On the downside for pontoon boats, I think there great for lakes, ponds but serious floating in a river can be dangerous in them if your not familliar with the water and whats around the next turn, sweepers are notorious for attracting pontoons and having there way with them like tornados and trailer parks!

Just my .02

Salmonid


----------



## BaitBucket (Nov 13, 2005)

Hi Salmonid,

Great post and ideas. I thought about a few of these when I was looking at yaks but you've covered a lot of bases. Wish I'd have been that wise when I went shopping! We had a canoe back then and the change scared me a little.

I agree with you on a lot of counts... I liked the size and open-ness of our canoe when we had one... my wife wanted to go fast and sleek.. and didn't care about fishing. I wanted to fish and sit and put a lot of stuff in it <grin>. We usually pack cooler, cooler/live well, aeriated bait well/container, all the safety gear, dry bags, net bags, fishing gear, and on and on, but I didn't want to make a sit-on-top (SOT) top heavy with all that stuff, although a lot of people like the SOT yaks.

And I agree many canoes might be more stable then SOME yaks.
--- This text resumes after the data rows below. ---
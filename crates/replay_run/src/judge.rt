//! The inputs of a run, judged: the first fault of policy, tables and journal, in this order.

ghost use Rattle.std.specs.Prelude.{◌≡◌, List, Result};
ghost use Rattle.record_tables.specs.Base.{base_of};
ghost use Rattle.schema.specs.Texts.{Texts, texts_of};
ghost use Rattle.journal_table.specs.Entry.{Entry};
ghost use Rattle.journal_table.specs.Journal.{Gives, journal_of};
ghost use Rattle.journal_table.specs.declared.error.JournalError.{JournalError};
ghost use Rattle.read_set.specs.declared.way.Way.{Way};
ghost use Rattle.replay_run.specs.Judgements.{first_read, with_base};
ghost use Rattle.replay_run.specs.OneThread.{judgement};
ghost use Rattle.replay_run.specs.Prepared.{IsBase, IsSound};

use crate::fault::Fault;
use crate::inputs::Inputs;
use crate::prepared::Sound;
use circ_policy::Policy;
use circ_records::Records;
use journal_table::{Journal, JournalError, number_of};
use record_tables::{BaseError, read_base};
use schema::Tables;
use std::alloc::Global;
use std::thread::{Threads, join};

/// Gives the policy, the base and the journal that the inputs say, or exactly their first fault.
#[tactic(auto, unfolding(crate::specs::Judgements::judgement_on))]
pub fn judge(alloc: Global, inputs: &Inputs) -> Result<Sound<'_>, Fault>
    ensures { IsSound inputs.now.way result (judgement inputs.now) }
{
    match Policy::read(alloc, inputs.policy.as_slice()) {
        Ok(policy) => {
            let journal = Journal::read(alloc, inputs.journal.as_slice());
            let base = read_base(alloc, &policy, &inputs.tables, first_of(&journal));
            accept(policy, base, journal)
        }
        Err(error) => Err(Fault::from(error)),
    }
}

/// Gives just what `judge` gives; tables and journal are read side by side. The tables are judged
/// by the number of the journal's first line, which is guessed until the journal is read.
#[tactic(auto, unfolding(crate::specs::Judgements::judgement_on))]
pub fn judge_side_by_side<'i, R: Threads + Sync>(
    rt: &R,
    alloc: Global,
    inputs: &'i Inputs,
) -> Result<Sound<'i>, Fault>
    ensures { IsSound inputs.now.way result (judgement inputs.now) }
{
    match Policy::read(alloc, inputs.policy.as_slice()) {
        Ok(policy) => {
            let (tables, bytes) = (&inputs.tables, inputs.journal.as_slice());
            let guess = likely_first(bytes);
            let (early, journal) = join(
                rt,
                || -> Result<Records, BaseError>
                    ensures { IsBase policy (texts_of tables.entry.now) guess result }
                { read_base(alloc, &policy, tables, guess) },
                || -> Result<Journal, JournalError>
                    ensures { Gives result (journal_of bytes.entry.now) }
                { Journal::read(alloc, bytes) },
            );
            let first = first_of(&journal);
            let base = if guess == first {
                early
            } else {
                read_base(alloc, &policy, tables, first)
            };
            accept(policy, base, journal)
        }
        Err(error) => Err(Fault::from(error)),
    }
}

/// The number that most journals begin with: the one at the start of the second line of the text.
fn likely_first(journal: &[u8]) -> Option<u64> {
    let row = journal.split(|byte| *byte == b'\n').nth(1)?;
    number_of(row.split(|byte| *byte == b',').next()?)
}

/// The number of the first line, where the journal was read and has one.
fn first_of(journal: &Result<Journal<'_>, JournalError>) -> Option<u64>
    ensures { result ≡ first_read journal.now }
{
    match journal {
        Ok(journal) => journal.first(),
        Err(_) => None,
    }
}

/// The inputs, where neither the base nor the journal is refused; else the base's fault or, where
/// it has none, the journal's. The first number of a journal that memory didn't suffice for isn't
/// known, and so no fault of the base.
fn accept<'i>(
    policy: Policy,
    base: Result<Records, BaseError>,
    journal: Result<Journal<'i>, JournalError>,
) -> Result<Sound<'i>, Fault>
    ensures { (way : Way) (tables : Texts) (read : Result (List Entry) JournalError) → Gives journal.entry read → IsBase policy tables (first_read journal.entry) base
        → IsSound way result (with_base way policy read (base_of policy tables (first_read read))) }
{
    match journal {
        Ok(journal) => match base {
            Ok(base) => Ok(Sound {
                policy,
                base,
                journal,
            }),
            Err(error) => Err(Fault::from(error)),
        },
        Err(JournalError::Memory) => Err(Fault::Memory),
        Err(refused) => match base {
            Ok(_) => Err(Fault::from(refused)),
            Err(broken) => Err(Fault::from(broken)),
        },
    }
}
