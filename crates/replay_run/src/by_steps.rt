//! A whole run by a list of workers' steps.

ghost use Rattle.std.specs.Prelude.{◌≡◌, ◌≤◌, IfOk};
ghost use Rattle.read_set.specs.Plans.{readings_of};
ghost use Rattle.replay_run.specs.Attempts.{AreOnePerLine, IfOutput};
ghost use Rattle.replay_run.specs.BySteps.{AreWorkers, IsBySteps, IsRun, attempts_on};
ghost use Rattle.replay_run.specs.OneThread.{IsOutputBy, judgement};
ghost use Rattle.speculate.specs.Finishing.{IsWhole};

use crate::fault::Fault;
use crate::inputs::{Inputs, Output};
use crate::prepared::Prepared;
use crate::run::{judge_inputs, output_of};
use board_steps::WORKERS_MAX;
use journal_table::Journal;
use read_set::{Plan, PlanName};
use result_report::collect;
use speculate::{Board, Finished, Halt, Step, play};
use std::alloc::{AllocError, Global};
use std::marker::Brand;
use std::sync::Wait;
use version_store::VersionTable;

/// The outcome of a run by a list of steps.
#[derive(Drop)]
pub enum Run {
    /// All lines are committed.
    Output(Output),
    /// This number of lines is committed, and there are more.
    Unfinished { committed: u64 },
}

/// Gives the output of one thread if the steps of 1 to 64 workers commit every line of the journal;
/// its attempts are those that were committed. Else how many lines they commit. The faults: first
/// the number of workers, then those of the inputs, then the first step that is refused, since the
/// attempts or the clock are spent. `Look` takes the key that its line needs next, `Publish` the
/// version that its notes determine.
pub fn rebuild_by_steps<R: Wait>(
    rt: &R,
    alloc: Global,
    inputs: &Inputs,
    workers: u32,
    steps: &[Step],
) -> Result<Run, Fault>
    ensures run { IsBySteps inputs.now workers steps.now result }
    ensures attempts { IfOk result
        (λ run. IfOutput run (λ o. AreOnePerLine (judgement inputs.now) o.attempts.items)) }
{
    if workers == 0 {
        return Err(Fault::BadWorkers);
    }
    if workers > WORKERS_MAX {
        return Err(Fault::BadWorkers);
    }
    match judge_inputs(alloc, inputs) {
        Ok(Prepared { plan, journal }) => {
            run_steps::<Brand, R>(rt, alloc, &plan, &journal, workers, steps)
        }
        Err(fault) => Err(fault),
    }
}

/// The run of the steps over the plan of a journal.
fn run_steps<J: PlanName + 'static, R: Wait>(
    rt: &R,
    alloc: Global,
    plan: &Plan,
    journal: &Journal,
    workers: u32,
    steps: &[Step],
) -> Result<Run, Fault>
    requires named { plan.now ≡ J.plan }
    requires fits { plan.now.readings ≡ readings_of journal.now }
    requires workers { AreWorkers workers }
    ensures { IsRun (record { plan = plan.now; lines = journal.now }) workers steps.now result }
{
    let table: VersionTable<J> = VersionTable::new(alloc)?;
    let mut board = Board::new(alloc, plan, workers)?;
    if let Err(Halt { fault, .. }) = play(rt, alloc, &table, &mut board, steps) {
        return Err(Fault::from(fault));
    }
    match board.finish() {
        Ok(finished) => Ok(Run::Output(collect_output(alloc, plan, journal, &finished)?)),
        Err(open) => Ok(Run::Unfinished {
            committed: open.committed,
        }),
    }
}

/// Gives the output of a board on which all lines are committed: that of one thread; its attempts
/// are those that were committed.
pub fn collect_output<J: PlanName + 'static>(
    alloc: Global,
    plan: &Plan,
    journal: &Journal,
    finished: &Finished<'_, '_, J>,
) -> Result<Output, AllocError>
    requires named { plan.now ≡ J.plan }
    requires fits { plan.now.readings ≡ readings_of journal.now }
    ensures { IfOk result (IsOutputBy plan.now journal.now (attempts_on plan.now finished.now)) }
{
    let _plan = finished.plan();
    let outcome = collect(alloc, finished)?;
    output_of(alloc, plan, journal, outcome)
}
They are a lot more stable than two of our smaller yaks. Personally, I've never been in a canoe that's as stable as my blue yak (see pic above). I can stand in the thing, and actually do a dance... and it'll go nowhere. I can't flip it standing up. It was a struggle to flip it when I tried a couple summers ago. I had to get in the water and work my a** off to turn it over.

Mine draws very little water ...I've never measured it, but I know I won't be fishing anywhere that's shallow enough to run aground, cause there's only an inch or two of water down there ...and it beaches great for boarding purposes. The bottom is way more flat that any canoe I've owned or seen. I wondered about the flatness when I bought it. Without much keel, would it slide a lot and be hard to steer? Actually, no... but there's a skag in the back you can control from the seat to help directional stability if it's windy out.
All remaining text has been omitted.